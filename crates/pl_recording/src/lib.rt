//! Records: scripts of version 2 that ask for each step that was made, and tell the reply of each in a comment behind it.
//!
//! `push_header` gives the lines in front of a record, and `push_entry` those of a step with its reply; `push_reply_comment` gives the
//! comment alone, and `push_record` the record of a journal. What a record is, is defined in `specs/Record.antt`. `replaying` and `journals`
//! are the laws that a record prints the replies that it has in its comments, as it is run: `specs/Replay.antt`.
#![tactic(auto)]

ghost use Rattle.std.specs.Prelude.{◌≡◌, ◌++◌, OnOk, OnErr, string_bytes};
ghost use Rattle.std.specs.List.{flat_map};
ghost use Rattle.pl_lines.specs.Pushed.{Pushes};
ghost use Rattle.pl_recording.specs.Record.{ended, told_unless, unusual_text, limits_text, header, comment_text, entry_text, made_in, recorded};
ghost use Rattle.pl_recording.specs.Replay.{RecordsReplay, JournalsReplay};

use pl_lines::{keep_if_pushed, push_number, push_reply_2, push_step};
use pl_model::numbers::{NO_LIMIT, USUAL_DESCRIPTIONS, USUAL_PROCESSES};
use pl_model::{Entry, Limits, Reply, Step};
use std::alloc::{AllocError, Allocator};

/// A record of a run, run again within the limits that it tells, prints the replies that it has in its comments, line by line.
pub fn replaying<A: Allocator>()
    ensures { RecordsReplay A }
{}

/// The record of a journal that some run gave does so, if lines can say its steps.
pub fn journals<A: Allocator>()
    ensures { JournalsReplay A }
{}

/// Adds a limit behind its name, or nothing where it is the usual one.
fn push_unless<A: Allocator + Copy>(
    text: &mut String<A>,
    name: &str,
    usual: u64,
    limit: u64,
) -> Result<(), AllocError>
    ensures { Pushes result (string_bytes text.old) (string_bytes text.new) (told_unless usual limit name.now) }
{
    if limit == usual {
        return Ok(());
    }
    push_number(text, name, limit)
}

/// Adds the limits on descriptions, on processes and on the waiting calls of each, of which it tells those that aren't the usual ones.
fn push_unusual<A: Allocator + Copy>(text: &mut String<A>, limits: Limits) -> Result<(), AllocError>
    ensures { Pushes result (string_bytes text.old) (string_bytes text.new) (unusual_text limits) }
{
    push_unless(
        text,
        " --descriptions-max ",
        USUAL_DESCRIPTIONS as u64,
        limits.descriptions_max as u64,
    )?;
    push_unless(
        text,
        " --processes-max ",
        USUAL_PROCESSES as u64,
        limits.processes_max as u64,
    )?;
    push_unless(
        text,
        " --waiting-of-each ",
        NO_LIMIT,
        limits.waiting_of_each,
    )
}

/// Adds the comment that tells the limits.
fn push_limits<A: Allocator + Copy>(text: &mut String<A>, limits: Limits) -> Result<(), AllocError>
    ensures { Pushes result (string_bytes text.old) (string_bytes text.new) (limits_text limits) }
{
    push_number(text, "# piperun --first-call ", limits.first_call)?;
    push_number(text, " --file-max ", limits.file_max)?;
    push_number(text, " --names-max ", limits.names_max)?;
    push_number(text, " --waiting-max ", limits.waiting_max)?;
    push_number(text, " --capacity-max ", limits.capacity_max)?;
    push_number(text, " --descriptors-max ", limits.descriptors_max)?;
    push_unusual(text, limits)
}

/// Adds the lines in front of a record, or a front of them where there is no memory for them.
fn push_front_of_header<A: Allocator + Copy>(
    text: &mut String<A>,
    limits: Limits,
) -> Result<(), AllocError>
    ensures { Pushes result (string_bytes text.old) (string_bytes text.new) (header limits) }
{
    text.push_str("piperun 2\n")?;
    push_limits(text, limits)?;
    text.push_str("\n")
}

/// Adds the comment behind a step, or a front of it where there is no memory for it.
fn push_front_of_comment<A: Allocator + Copy>(
    text: &mut String<A>,
    reply: &Reply<A>,
) -> Result<(), AllocError>
    ensures { Pushes result (string_bytes text.old) (string_bytes text.new) (ended (comment_text reply.now)) }
{
    text.push_str("# => ")?;
    push_reply_2(text, reply)
}

/// Adds the lines in front of a record: the version of scripts, and the limits within which its steps are made, as options of `piperun`.
/// Where there is no memory for them, which is the only error, the text is as it was.
pub fn push_header<A: Allocator + Copy>(
    text: &mut String<A>,
    limits: Limits,
) -> Result<(), AllocError>
    ensures done { OnOk result (string_bytes text.new ≡ string_bytes text.old ++ header limits) }
    ensures undone { OnErr result (string_bytes text.new ≡ string_bytes text.old) }
{
    let len = text.as_str().len();
    let pushed = push_front_of_header(text, limits);
    // It is text still, and was whole at the length of before: a character ends there.
    let _ = text.as_str();
    keep_if_pushed(text, len, pushed)
}

/// Adds the comment behind a step, which tells its reply: `# => ` and the text of the reply in version 2, and a line feed. Where there is no
/// memory for it, which is the only error, the text is as it was.
pub fn push_reply_comment<A: Allocator + Copy>(
    text: &mut String<A>,
    reply: &Reply<A>,
) -> Result<(), AllocError>
    ensures done { OnOk result (string_bytes text.new ≡ string_bytes text.old ++ ended (comment_text reply.now)) }
    ensures undone { OnErr result (string_bytes text.new ≡ string_bytes text.old) }
{
    let len = text.as_str().len();
    let pushed = push_front_of_comment(text, reply);
    // As in `push_header`.
    let _ = text.as_str();
    keep_if_pushed(text, len, pushed)
}

/// Adds the line of a step, or nothing, and then the comment of its reply, or a front of it.
fn push_front_of_entry<A: Allocator + Copy>(
    text: &mut String<A>,
    step: &Step<A>,
    reply: &Reply<A>,
) -> Result<(), AllocError>
    ensures { Pushes result (string_bytes text.old) (string_bytes text.new) (entry_text (step.now, reply.now)) }
{
    push_step(text, step)?;
    push_front_of_comment(text, reply)
}

/// Adds the lines of a step that was made, with the reply that it got: the line that says it, and the comment. Where there is no memory for
/// both, which is the only error, the text is as it was.
pub fn push_entry<A: Allocator + Copy>(
    text: &mut String<A>,
    step: &Step<A>,
    reply: &Reply<A>,
) -> Result<(), AllocError>
    ensures done { OnOk result (string_bytes text.new ≡ string_bytes text.old ++ entry_text (step.now, reply.now)) }
    ensures undone { OnErr result (string_bytes text.new ≡ string_bytes text.old) }
{
    let len = text.as_str().len();
    let pushed = push_front_of_entry(text, step, reply);
    // As in `push_header`.
    let _ = text.as_str();
    keep_if_pushed(text, len, pushed)
}

/// Adds the lines of entries, or a front of them where there is no memory for them.
fn push_entries<A: Allocator + Copy>(
    text: &mut String<A>,
    entries: &[Entry<A>],
) -> Result<(), AllocError>
    ensures { Pushes result (string_bytes text.old) (string_bytes text.new) (flat_map entry_text (made_in entries.now)) }
{
    for entry in entries {
        push_front_of_entry(text, &entry.step, &entry.reply)?;
    }
    Ok(())
}

/// Adds the record of entries, or a front of it where there is no memory for it.
fn push_front_of_record<A: Allocator + Copy>(
    text: &mut String<A>,
    limits: Limits,
    entries: &[Entry<A>],
) -> Result<(), AllocError>
    ensures { Pushes result (string_bytes text.old) (string_bytes text.new) (recorded limits (made_in entries.now)) }
{
    push_front_of_header(text, limits)?;
    push_entries(text, entries)
}

/// Adds the record of a journal: the lines in front, and those of each entry. Where there is no memory for it, which is the only error, the text
/// is as it was.
pub fn push_record<A: Allocator + Copy>(
    text: &mut String<A>,
    limits: Limits,
    entries: &[Entry<A>],
) -> Result<(), AllocError>
    ensures done { OnOk result (string_bytes text.new ≡ string_bytes text.old ++ recorded limits (made_in entries.now)) }
    ensures undone { OnErr result (string_bytes text.new ≡ string_bytes text.old) }
{
    let len = text.as_str().len();
    let pushed = push_front_of_record(text, limits, entries);
    // As in `push_header`.
    let _ = text.as_str();
    keep_if_pushed(text, len, pushed)
}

....................

**Problem description**
From the data above, copy each line that holds "tells".

**Your solution**
/// A record of a run, run again within the limits that it tells, prints the replies that it has in its comments, line by line.
/// Adds the limits on descriptions, on processes and on the waiting calls of each, of which it tells those that aren't the usual ones.
/// Adds the comment that tells the limits.
/// Adds the comment behind a step, which tells its reply: `# => ` and the text of the reply in version 2, and a line feed. Where there is no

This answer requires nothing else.